Would you buy wind power if somebody provided that close to where you live? The way the system currently works is that you see no benefit at all if wind towers are close to where you live. Because somebody on the complete opposite side of the country only has access to gas power and the national prices are set for the highest price needed anywhere in the country. You are effectively subsidizing those people. Not the other way around. Your rates are high because gas is expensive and has to be shipped in in LNG form these days. No matter where you live in the country.

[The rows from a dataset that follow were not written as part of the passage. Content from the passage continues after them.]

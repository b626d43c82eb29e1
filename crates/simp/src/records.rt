// Records saved and read.
ghost use Rattle.simp.specs.Records.{Saves, Loads};

use crate::WRONG_LENGTH;
use crate::numbers::{RECORD_NUMBERS, put_numbers, record_of};
use saved::{load, loaded_outcome, loaded_record, save};
use text::outcomes::done;

// Saves the record of 40 numbers in 94 bytes.
pub fn simp_save(numbers: &[u64], bytes: &mut [u8]) -> u32
    ensures { Saves numbers.now bytes.old result bytes.new }
{
    if numbers.len() != RECORD_NUMBERS {
        return WRONG_LENGTH;
    }
    done(save(record_of(numbers), bytes)).number
}

// Reads 94 bytes of edition 2, or 91 of edition 1, into the 40 numbers of a record.
pub fn simp_load(bytes: &[u8], numbers: &mut [u64]) -> u32
    ensures { Loads bytes.now numbers.old result numbers.new }
{
    if numbers.len() != RECORD_NUMBERS {
        return WRONG_LENGTH;
    }
    let answer = load(bytes);
    put_numbers(loaded_record(answer), numbers);
    loaded_outcome(answer).number
}
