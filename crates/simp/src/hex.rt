// Intel HEX, read and written.
// Stays (2): the C interface has a call for each memory.
ghost use Rattle.std.specs.Prelude.{length};
ghost use Rattle.files.specs.Sizes.{data_words, disk_words, is_data_length, is_disk_length};
ghost use Rattle.intel_hex.specs.Writing.{hex_text};
ghost use Rattle.simp.specs.Files.{ReadsHex, Writes};

use hex_files::{read_hex_data, read_hex_disk, write_hex_data, write_hex_disk};
use text::outcomes::{counted, done};

// Reads Intel HEX into a data memory.
pub fn simp_read_hex_data(text: &[u8], memory: &mut [u32], place: &mut u64) -> u32
    ensures { ReadsHex data_words text.now memory.old result memory.new place.new }
{
    let outcome = done(read_hex_data(text, memory));
    *place = outcome.place as u64;
    outcome.number
}

// Reads Intel HEX into a disk.
pub fn simp_read_hex_disk(text: &[u8], disk: &mut [u32], place: &mut u64) -> u32
    ensures { ReadsHex disk_words text.now disk.old result disk.new place.new }
{
    let outcome = done(read_hex_disk(text, disk));
    *place = outcome.place as u64;
    outcome.number
}

// Writes a data memory as Intel HEX into the front of a text.
pub fn simp_write_hex_data(memory: &[u32], text: &mut [u8], count: &mut u64) -> u32
    ensures { Writes (is_data_length (length memory.now)) (hex_text memory.now) text.old result text.new count.new }
{
    let outcome = counted(write_hex_data(memory, text));
    *count = outcome.count as u64;
    outcome.number
}

// Writes a disk as Intel HEX into the front of a text.
pub fn simp_write_hex_disk(disk: &[u32], text: &mut [u8], count: &mut u64) -> u32
    ensures { Writes (is_disk_length (length disk.now)) (hex_text disk.now) text.old result text.new count.new }
{
    let outcome = counted(write_hex_disk(disk, text));
    *count = outcome.count as u64;
    outcome.number
}
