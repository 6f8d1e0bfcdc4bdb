// A write that is durable when it answers Ok: the unit of the layers above.
ghost use Rattle.std.specs.Prelude.{◌≡◌, ◌≢◌, ℕ, ◌+◌, ◌<◌, ◌≤◌, ◌^◌, length, OnOk};
ghost use Rattle.disk_trait.specs.View.{Image, View, Tells};
ghost use Rattle.disk_trait.specs.Calls.{written, Torn, Moved, Cause};
ghost use Rattle.disk_trait.specs.Moments.{After, Throughout};

use crate::{Disk, DiskRefusal};

/// Writes and syncs: after Ok every image of the file has the bytes.
///
/// The first byte goes to the offset `at`, from 0, at most the length. At each moment of the call, and after a refusal, a
/// stop may leave any bytes in the range. Takes no memory but the disk's. Two device calls: write, sync.
pub fn write_synced<D: Disk>(
    disk: &mut D,
    file: u8,
    at: u64,
    bytes: &[u8],
) -> Result<(), DiskRefusal>
    requires file { file ≤ 10 }
    requires offset { Tells (D.view disk.old) → at ≤ length ((D.view disk.old).seen file) }
    ensures durable { OnOk result ((m : Image) → (D.view disk.new).images m → m file ≡ written ((D.view disk.old).seen file) at bytes.now) }
    ensures below { OnOk result (at + length bytes.now < 2 ^ 63) }
    ensures others { (f : ℕ) → f ≢ file → (D.view disk.new).seen f ≡ (D.view disk.old).seen f }
    ensures tells { Tells (D.view disk.old) → Tells (D.view disk.new) }
    ensures moments { Throughout (D.view disk.old) (D.view disk.new) (After (D.view disk.old) (Moved file (Torn at (length bytes.now)))) }
    ensures cause { Cause (D.view disk.old) (D.view disk.new) result }
{
    disk.write_at(file, at, bytes)?;
    disk.sync(file)?;
    Ok(())
}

thrw42A8N a day ago | parent [-]

Gas is expensive because stable demand has been replaced by spikes based on renewable availability. I don't have any opportunity to get any renewable power - it's cold and there's no space for grid scale wind or solar.

fsh a day ago | parent [-]

This doesn't make any sense. Germany has storage for more than a season's worth of natural gas. The price went up because Russia stopped selling cheap gas to western Europe after its attack on Ukraine.

thrw42A8N a day ago | parent [-]

Myself I'm not affected by this. It's used too much as a counter argument, it's not universally applicable - even in Germany. The price spikes were happening before the war too.

mschuster91 a day ago | parent | prev [-]

> This is how the energy grid operates everywhere, it's not some uniquely German mistake.

The fact that Bavaria keeps sabotaging north-south transmission capacity is a uniquely German mistake, as is the insistence of Bavaria and Baden-Württemberg to keep the single pricing zone.